Saved data entries:
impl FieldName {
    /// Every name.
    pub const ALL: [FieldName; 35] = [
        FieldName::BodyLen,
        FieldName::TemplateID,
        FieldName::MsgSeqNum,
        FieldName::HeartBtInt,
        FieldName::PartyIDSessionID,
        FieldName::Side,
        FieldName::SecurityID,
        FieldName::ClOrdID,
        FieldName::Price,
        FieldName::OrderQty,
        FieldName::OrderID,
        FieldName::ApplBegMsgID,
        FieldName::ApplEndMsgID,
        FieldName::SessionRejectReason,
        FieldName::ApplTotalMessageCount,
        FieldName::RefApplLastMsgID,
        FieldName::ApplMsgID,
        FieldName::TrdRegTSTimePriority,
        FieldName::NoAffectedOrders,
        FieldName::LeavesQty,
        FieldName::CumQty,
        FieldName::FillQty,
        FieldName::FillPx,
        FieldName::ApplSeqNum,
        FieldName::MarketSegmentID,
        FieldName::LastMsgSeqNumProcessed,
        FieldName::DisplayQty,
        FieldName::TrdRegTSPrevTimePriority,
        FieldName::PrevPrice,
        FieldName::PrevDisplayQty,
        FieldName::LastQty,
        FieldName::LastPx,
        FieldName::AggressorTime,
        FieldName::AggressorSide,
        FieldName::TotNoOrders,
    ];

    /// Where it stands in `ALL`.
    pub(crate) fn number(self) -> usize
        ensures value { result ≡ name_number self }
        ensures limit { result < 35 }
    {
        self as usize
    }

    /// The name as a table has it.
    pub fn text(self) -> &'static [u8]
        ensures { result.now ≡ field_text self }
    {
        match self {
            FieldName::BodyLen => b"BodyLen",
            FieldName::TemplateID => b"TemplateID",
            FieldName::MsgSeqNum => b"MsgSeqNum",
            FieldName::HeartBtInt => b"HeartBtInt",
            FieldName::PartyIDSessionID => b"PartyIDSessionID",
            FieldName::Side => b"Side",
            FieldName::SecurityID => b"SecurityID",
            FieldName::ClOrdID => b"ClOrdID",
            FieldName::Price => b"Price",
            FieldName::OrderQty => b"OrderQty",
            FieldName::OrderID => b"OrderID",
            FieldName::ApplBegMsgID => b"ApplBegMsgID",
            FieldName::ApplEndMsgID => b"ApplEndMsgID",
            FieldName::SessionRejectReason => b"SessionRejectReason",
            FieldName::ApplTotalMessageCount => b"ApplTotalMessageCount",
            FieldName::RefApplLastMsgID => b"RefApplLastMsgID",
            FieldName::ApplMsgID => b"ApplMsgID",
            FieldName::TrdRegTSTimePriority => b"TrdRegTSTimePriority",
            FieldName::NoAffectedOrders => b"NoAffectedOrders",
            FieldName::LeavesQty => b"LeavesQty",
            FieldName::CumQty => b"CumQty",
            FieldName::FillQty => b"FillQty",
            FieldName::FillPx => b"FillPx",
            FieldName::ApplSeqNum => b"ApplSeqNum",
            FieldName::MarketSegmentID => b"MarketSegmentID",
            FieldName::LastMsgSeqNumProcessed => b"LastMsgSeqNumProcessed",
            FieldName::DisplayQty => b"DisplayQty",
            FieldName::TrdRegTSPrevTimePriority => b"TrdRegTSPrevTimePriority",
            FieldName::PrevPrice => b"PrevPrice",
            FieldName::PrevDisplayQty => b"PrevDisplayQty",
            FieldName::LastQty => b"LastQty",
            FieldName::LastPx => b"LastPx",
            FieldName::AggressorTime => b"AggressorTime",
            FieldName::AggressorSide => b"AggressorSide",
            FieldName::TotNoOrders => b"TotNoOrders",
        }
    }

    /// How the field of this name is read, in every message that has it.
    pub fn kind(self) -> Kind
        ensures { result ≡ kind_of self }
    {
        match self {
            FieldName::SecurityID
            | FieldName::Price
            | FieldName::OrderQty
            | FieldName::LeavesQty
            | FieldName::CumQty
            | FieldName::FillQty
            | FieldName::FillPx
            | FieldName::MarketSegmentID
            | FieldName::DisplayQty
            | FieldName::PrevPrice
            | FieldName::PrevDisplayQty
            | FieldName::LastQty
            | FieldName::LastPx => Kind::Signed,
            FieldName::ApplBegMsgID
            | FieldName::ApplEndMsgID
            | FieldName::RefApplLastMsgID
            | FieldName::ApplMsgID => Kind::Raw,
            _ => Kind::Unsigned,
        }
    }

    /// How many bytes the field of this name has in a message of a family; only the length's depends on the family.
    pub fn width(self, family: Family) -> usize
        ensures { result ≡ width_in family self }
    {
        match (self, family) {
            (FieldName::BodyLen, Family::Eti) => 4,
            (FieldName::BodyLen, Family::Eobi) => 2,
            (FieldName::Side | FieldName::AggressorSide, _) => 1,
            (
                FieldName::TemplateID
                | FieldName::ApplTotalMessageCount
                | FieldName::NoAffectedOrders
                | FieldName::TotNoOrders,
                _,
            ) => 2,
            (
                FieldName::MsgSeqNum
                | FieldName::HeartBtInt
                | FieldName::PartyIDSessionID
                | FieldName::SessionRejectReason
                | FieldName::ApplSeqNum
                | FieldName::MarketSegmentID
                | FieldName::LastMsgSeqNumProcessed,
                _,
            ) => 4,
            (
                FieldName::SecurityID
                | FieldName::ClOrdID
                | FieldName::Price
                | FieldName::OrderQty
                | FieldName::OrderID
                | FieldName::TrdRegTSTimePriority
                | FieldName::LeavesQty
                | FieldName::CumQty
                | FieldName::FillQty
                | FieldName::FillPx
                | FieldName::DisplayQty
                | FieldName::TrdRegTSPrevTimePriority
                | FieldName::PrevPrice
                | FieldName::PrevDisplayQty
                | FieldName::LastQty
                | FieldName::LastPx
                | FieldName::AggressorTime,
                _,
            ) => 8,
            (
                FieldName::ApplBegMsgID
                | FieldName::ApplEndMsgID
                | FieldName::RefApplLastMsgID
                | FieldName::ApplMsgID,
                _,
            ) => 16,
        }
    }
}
* * *
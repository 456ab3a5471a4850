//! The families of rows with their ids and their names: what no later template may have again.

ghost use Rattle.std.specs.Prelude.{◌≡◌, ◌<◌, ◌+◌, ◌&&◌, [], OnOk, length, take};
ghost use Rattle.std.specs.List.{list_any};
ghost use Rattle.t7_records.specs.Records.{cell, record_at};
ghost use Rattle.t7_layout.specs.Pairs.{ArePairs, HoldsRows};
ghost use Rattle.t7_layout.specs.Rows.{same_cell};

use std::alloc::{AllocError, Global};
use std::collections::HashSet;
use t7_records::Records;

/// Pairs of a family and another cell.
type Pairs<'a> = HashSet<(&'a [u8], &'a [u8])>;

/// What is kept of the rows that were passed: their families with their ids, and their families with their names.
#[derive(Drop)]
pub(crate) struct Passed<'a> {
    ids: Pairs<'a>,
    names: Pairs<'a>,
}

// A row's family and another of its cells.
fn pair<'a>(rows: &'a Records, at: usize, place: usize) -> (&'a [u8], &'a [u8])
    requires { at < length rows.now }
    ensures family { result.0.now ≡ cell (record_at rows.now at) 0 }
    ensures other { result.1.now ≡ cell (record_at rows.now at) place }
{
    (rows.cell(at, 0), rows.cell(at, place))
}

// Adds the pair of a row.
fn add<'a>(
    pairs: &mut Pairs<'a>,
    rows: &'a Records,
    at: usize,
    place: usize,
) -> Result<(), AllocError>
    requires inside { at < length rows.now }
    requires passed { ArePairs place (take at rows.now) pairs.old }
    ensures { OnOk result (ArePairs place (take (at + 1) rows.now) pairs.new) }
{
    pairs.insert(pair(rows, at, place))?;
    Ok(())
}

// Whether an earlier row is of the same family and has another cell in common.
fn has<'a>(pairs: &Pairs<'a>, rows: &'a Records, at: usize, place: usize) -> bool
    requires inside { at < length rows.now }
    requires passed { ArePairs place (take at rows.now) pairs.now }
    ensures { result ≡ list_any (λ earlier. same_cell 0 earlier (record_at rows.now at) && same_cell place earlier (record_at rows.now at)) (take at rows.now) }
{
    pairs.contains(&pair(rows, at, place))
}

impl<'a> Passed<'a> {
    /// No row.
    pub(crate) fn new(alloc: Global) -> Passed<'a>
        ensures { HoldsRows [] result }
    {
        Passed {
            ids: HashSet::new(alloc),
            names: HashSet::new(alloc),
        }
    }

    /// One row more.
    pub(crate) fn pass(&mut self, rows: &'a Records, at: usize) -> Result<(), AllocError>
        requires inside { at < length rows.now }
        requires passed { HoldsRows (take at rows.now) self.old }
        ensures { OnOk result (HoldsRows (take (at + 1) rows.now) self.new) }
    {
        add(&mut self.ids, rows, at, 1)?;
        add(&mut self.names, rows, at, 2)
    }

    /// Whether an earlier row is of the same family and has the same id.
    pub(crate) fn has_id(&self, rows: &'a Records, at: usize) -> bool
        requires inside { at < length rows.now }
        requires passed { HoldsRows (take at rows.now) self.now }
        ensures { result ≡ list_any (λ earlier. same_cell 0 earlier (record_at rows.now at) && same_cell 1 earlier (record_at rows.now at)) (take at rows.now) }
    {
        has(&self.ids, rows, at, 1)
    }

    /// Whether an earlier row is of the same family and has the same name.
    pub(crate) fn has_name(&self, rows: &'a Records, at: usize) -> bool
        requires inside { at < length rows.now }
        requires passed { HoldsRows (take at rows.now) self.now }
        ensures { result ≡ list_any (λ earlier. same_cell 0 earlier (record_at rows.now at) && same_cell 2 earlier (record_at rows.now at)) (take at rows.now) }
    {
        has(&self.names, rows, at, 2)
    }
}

» **What you have to do**
In the records above, find each line with the word "TemplateID" and copy it.

» **Answer section**
        FieldName::TemplateID,
            FieldName::TemplateID => b"TemplateID",
                FieldName::TemplateID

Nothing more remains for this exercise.